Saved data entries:
====
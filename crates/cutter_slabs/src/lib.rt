//! The inner and the outer stack of slabs of a cutter, between which the exact cutter lies.
#![tactic(auto)]

mod cone;
mod cutter;
mod laws;
mod pair;
mod profile;
mod stacks;

pub use cutter::Cutter;
pub use laws::cutter_laws;
pub use stacks::Stacks;
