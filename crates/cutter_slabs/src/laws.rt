ghost use Rattle.cutter_slabs.specs.Laws.{AnyWritingOfTime, BallPlaces, BallTipIsPoint, ConeIsStraight, ConePlaces};
ghost use Rattle.cutter_slabs.specs.Laws.{FlatIsCylinder, LowerIsInUpper, OwnHeightIsEnough, UpperIsLower, ZeroBaseIsTip};

/// The laws of the exact cutter: a contract, with nothing to run.
pub fn cutter_laws()
    ensures lower { LowerIsInUpper }
    ensures same { UpperIsLower }
    ensures times { AnyWritingOfTime }
    ensures base { ZeroBaseIsTip }
    ensures cylinder { FlatIsCylinder }
    ensures tip { BallTipIsPoint }
    ensures own_height { OwnHeightIsEnough }
    ensures straight { ConeIsStraight }
    ensures ball { BallPlaces }
    ensures cone { ConePlaces }
{}
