//! What no clause says: that texts are read at all. The codes of bad lines are worked out by hand.
mod sample;

use super::read_answer;
use crate::answer_text::write_answer;
use crate::fault::AnswerRefusal;
use prod_model::Problem;
use sample::bikes;
use std::alloc::{AllocError, Global};
use std::test::Fail;

/// The line of the fault, and the number of its code.
fn fault_of(alloc: Global, problem: &Problem, text: &[u8]) -> Option<(u32, u32)> {
    match read_answer(alloc, problem, text) {
        Err(AnswerRefusal::Line(fault)) => Some((fault.line, fault.code.number())),
        _ => None,
    }
}

/// Texts, each with its first bad line and the code of the part there.
const BAD_LINES: [(&str, u32, u32); 32] = [
    ("", 1, 1),
    ("prefered\n", 1, 1),
    ("preferred", 1, 6),
    ("preferred \n", 1, 6),
    ("preferred\n", 2, 2),
    ("preferred\n1 Wheel\n", 2, 2),
    ("preferred\n00 Wheel\n", 2, 2),
    ("preferred\n0 Wheel\n2 Wheel\n", 3, 2),
    ("preferred\n0 Wheel\n\n", 3, 2),
    ("preferred\n0 Any\n", 2, 3),
    ("preferred\n0 Wheels\n", 2, 3),
    ("preferred\n0  Wheel\n", 2, 3),
    ("preferred\n0 Bike color=red price=1 left:\n", 2, 4),
    ("preferred\n0 Bike price=-0 color=red left:\n", 2, 4),
    ("preferred\n0 Bike price=018 color=red left:\n", 2, 4),
    ("preferred\n0 Bike price=1000001 color=red left:\n", 2, 4),
    ("preferred\n0 Bike price=+1 color=red left:\n", 2, 4),
    ("preferred\n0 Bike price=1 color=green left:\n", 2, 4),
    ("preferred\n0 Bike price=1 color=reddish left:\n", 2, 4),
    ("preferred\n0 Bike price=1 color=red\n", 2, 5),
    ("preferred\n0 Bike price=1 color=red left:2,1\n", 2, 5),
    ("preferred\n0 Bike price=1 color=red left:1,1\n", 2, 5),
    ("preferred\n0 Bike price=1 color=red left:1,\n", 2, 5),
    ("preferred\n0 Bike price=1 color=red left:01\n", 2, 5),
    ("preferred\n0 Bike price=1 color=red left:256\n", 2, 5),
    ("preferred\n0 Bike price=1 color=red left:255,256\n", 2, 5),
    ("preferred\n0 Bike price=1 color=red left:,\n", 2, 6),
    ("preferred\n0 Bike price=1 color=red left:-\n", 2, 6),
    ("preferred\n0 Bike price=1 color=red left:64 \n", 2, 6),
    ("preferred\n0 Bike price=1 color=red left:255 \n", 2, 6),
    ("preferred\n0 Wheel", 2, 6),
    ("preferred\n0 Wheel\r\n", 2, 6),
];

#[test]
fn tells_the_first_bad_line(rt: HostRuntime) -> Result<(), Fail> {
    let alloc = rt.alloc();
    let problem = bikes(alloc)?;
    for (text, line, code) in BAD_LINES {
        let fault = fault_of(alloc, &problem, text.as_bytes());
        assert_eq!(rt; fault, Some((line, code)), "at {text}");
    }
    Ok(())
}

const ANSWERS: [&str; 4] = [
    "preferred\n0 Wheel\n",
    "preferred\n0 Bike price=0 color=blue left:\n",
    "preferred\n0 Bike price=-1000000 color=red left:0\n",
    "preferred\n0 Bike price=1000000 color=red left:1,2,10,64,255\n1 Wheel\n2 Wheel\n",
];

/// Whether the text is read as an answer, whose text is the same again.
fn comes_back(alloc: Global, problem: &Problem, text: &[u8]) -> Result<bool, AllocError> {
    match read_answer(alloc, problem, text) {
        Ok(configuration) => {
            let written = write_answer(alloc, problem, &configuration)?;
            Ok(written.as_slice() == text)
        }
        Err(_) => Ok(false),
    }
}

#[test]
fn reads_what_it_writes(rt: HostRuntime) -> Result<(), Fail> {
    let alloc = rt.alloc();
    let problem = bikes(alloc)?;
    for text in ANSWERS {
        assert!(rt; comes_back(alloc, &problem, text.as_bytes())?, "{text}");
    }
    Ok(())
}

/// The line `preferred`, and so many lines of wheels.
fn wheels(alloc: Global, count: u64) -> Result<Vec<u8>, AllocError> {
    let mut text = Vec::from_slice(alloc, b"preferred\n")?;
    for number in 0..count {
        crate::numbers::put_number(&mut text, number)?;
        text.extend_from_slice(b" Wheel\n")?;
    }
    Ok(text)
}

#[test]
fn no_line_stands_behind_the_last_instance(rt: HostRuntime) -> Result<(), Fail> {
    let alloc = rt.alloc();
    let problem = bikes(alloc)?;
    for count in [64, 65, 256] {
        let read = read_answer(alloc, &problem, &wheels(alloc, count)?);
        assert!(rt; read.is_ok(), "{count} instances");
    }
    let fault = fault_of(alloc, &problem, &wheels(alloc, 257)?);
    assert_eq!(rt; fault, Some((258, 2)));
    Ok(())
}
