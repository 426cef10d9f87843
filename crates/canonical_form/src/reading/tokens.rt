//! Numbers, names and words, each as long as its bytes go.
ghost use Rattle.std.specs.Prelude.{◌≡◌, ◌≢◌, ℕ, ℤ, List, ◌∷◌, ◌++◌, IsTrue, IfSome, Some, None};
ghost use Rattle.std.specs.Fmt.{decimal, signed_decimal};
ghost use Rattle.prod_model.specs.Limits.{is_within, farthest_end};
ghost use Rattle.prod_model.specs.Names.{is_name_byte, same_text};
ghost use Rattle.canonical_form.specs.AnswerParts.{belongs, behind_number};
ghost use Rattle.canonical_form.specs.steps.Reading.{end_of, IsToken, Takes};

use itoa::Buffer;

/// What a token is made of.
#[derive(Clone, Copy, Debug, PartialEq, Eq)]
pub enum Reach {
    /// Digits.
    Number,
    /// Letters, digits, `_` and `-`.
    Name,
    /// The same, and `.`.
    Word,
}

impl Reach {
    /// Whether a token may have the byte.
    fn includes(self, b: u8) -> bool
        ensures { result ≡ belongs (end_of self) b }
    {
        match self {
            Reach::Number => b.is_ascii_digit(),
            Reach::Name => is_name_byte(b),
            Reach::Word => is_name_byte(b) || b == b'.',
        }
    }
}

fn is_name_byte(b: u8) -> bool
    ensures { result ≡ is_name_byte b }
{
    b.is_ascii_alphabetic() || b.is_ascii_digit() || b == b'_' || b == b'-'
}

/// The longest front of bytes that belong to a token, and the rest.
pub fn split_token(reach: Reach, bytes: &[u8]) -> (&[u8], &[u8])
    ensures { IsToken (end_of reach) bytes.now result.0.now result.1.now }
{
    let mut len = 0;
    while len < bytes.len() && reach.includes(bytes[len]) {
        len += 1;
    }
    bytes.split_at(len)
}

/// What stands behind a number, where the bytes begin with it.
pub fn behind_number(number: u32, bytes: &[u8]) -> Option<&[u8]>
    ensures found { IfSome result
        (λ rest. Takes (decimal number) behind_number bytes.now rest.now) }
    ensures none { result ≡ None
        → (rest : List ℕ) → ¬ Takes (decimal number) behind_number bytes.now rest }
{
    let (digits, rest) = split_token(Reach::Number, bytes);
    if !is_text_of(i64::from(number), digits) {
        return None;
    }
    Some(rest)
}

/// What stands behind a byte, where the bytes begin with it.
pub fn behind_byte(byte: u8, bytes: &[u8]) -> Option<&[u8]>
    ensures found { IfSome result (λ rest. bytes.now ≡ byte ∷ rest.now) }
    ensures none { result ≡ None → (rest : List ℕ) → bytes.now ≢ byte ∷ rest }
{
    let (first, rest) = bytes.split_first()?;
    if *first != byte {
        return None;
    }
    Some(rest)
}

/// What stands behind a text, where the bytes begin with it.
pub fn behind_text<'a>(text: &[u8], bytes: &'a [u8]) -> Option<&'a [u8]>
    ensures found { IfSome result (λ rest. bytes.now ≡ text.now ++ rest.now) }
    ensures none { result ≡ None → (rest : List ℕ) → bytes.now ≢ text.now ++ rest }
{
    bytes.strip_prefix(text)
}

/// What stands behind a blank, a name and a sign, where the bytes begin with them.
pub fn behind_sign<'a>(name: &[u8], sign: u8, bytes: &'a [u8]) -> Option<&'a [u8]>
    ensures found { IfSome result (λ rest. bytes.now ≡ 32 ∷ (name.now ++ (sign ∷ rest.now))) }
    ensures none { result ≡ None → (rest : List ℕ) → bytes.now ≢ 32 ∷ (name.now ++ (sign ∷ rest)) }
{
    let named = behind_byte(b' ', bytes)?;
    let signed = behind_text(name, named)?;
    behind_byte(sign, signed)
}

/// The number of which this is the text.
pub fn number_of(text: &[u8]) -> Option<i64>
    ensures found { IfSome result (λ v. text.now ≡ signed_decimal v) }
    ensures only { (v : ℤ) → IsTrue (is_within farthest_end v) → text.now ≡ signed_decimal v
        → result ≡ Some v }
{
    let number = parse(text)?;
    if !is_text_of(number, text) {
        return None;
    }
    Some(number)
}

/// The number that the text writes, also with signs and zeros that it doesn't need.
fn parse(text: &[u8]) -> Option<i64>
    ensures { (v : ℤ) → IsTrue (is_within farthest_end v) → text.now ≡ signed_decimal v
        → result ≡ Some v }
{
    let Ok(text) = std::str::from_utf8(text) else {
        return None
    };
    text.parse::<i64>().ok()
}

fn is_text_of(number: i64, text: &[u8]) -> bool
    ensures { result ≡ same_text (signed_decimal number) text.now }
{
    let mut buffer = Buffer::new();
    buffer.format(number).as_bytes() == text
}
====
## Exercise objective
What is needed is an exact copy of the lines above, from the one containing "bytes.strip_prefix(text)" through the one containing "let number = parse(text)?;", with nothing added.

## Answer to this problem
    bytes.strip_prefix(text)
}

/// What stands behind a blank, a name and a sign, where the bytes begin with them.
pub fn behind_sign<'a>(name: &[u8], sign: u8, bytes: &'a [u8]) -> Option<&'a [u8]>
    ensures found { IfSome result (λ rest. bytes.now ≡ 32 ∷ (name.now ++ (sign ∷ rest.now))) }
    ensures none { result ≡ None → (rest : List ℕ) → bytes.now ≢ 32 ∷ (name.now ++ (sign ∷ rest)) }
{
    let named = behind_byte(b' ', bytes)?;
    let signed = behind_text(name, named)?;
    behind_byte(sign, signed)
}

/// The number of which this is the text.
pub fn number_of(text: &[u8]) -> Option<i64>
    ensures found { IfSome result (λ v. text.now ≡ signed_decimal v) }
    ensures only { (v : ℤ) → IsTrue (is_within farthest_end v) → text.now ≡ signed_decimal v
        → result ≡ Some v }
{
    let number = parse(text)?;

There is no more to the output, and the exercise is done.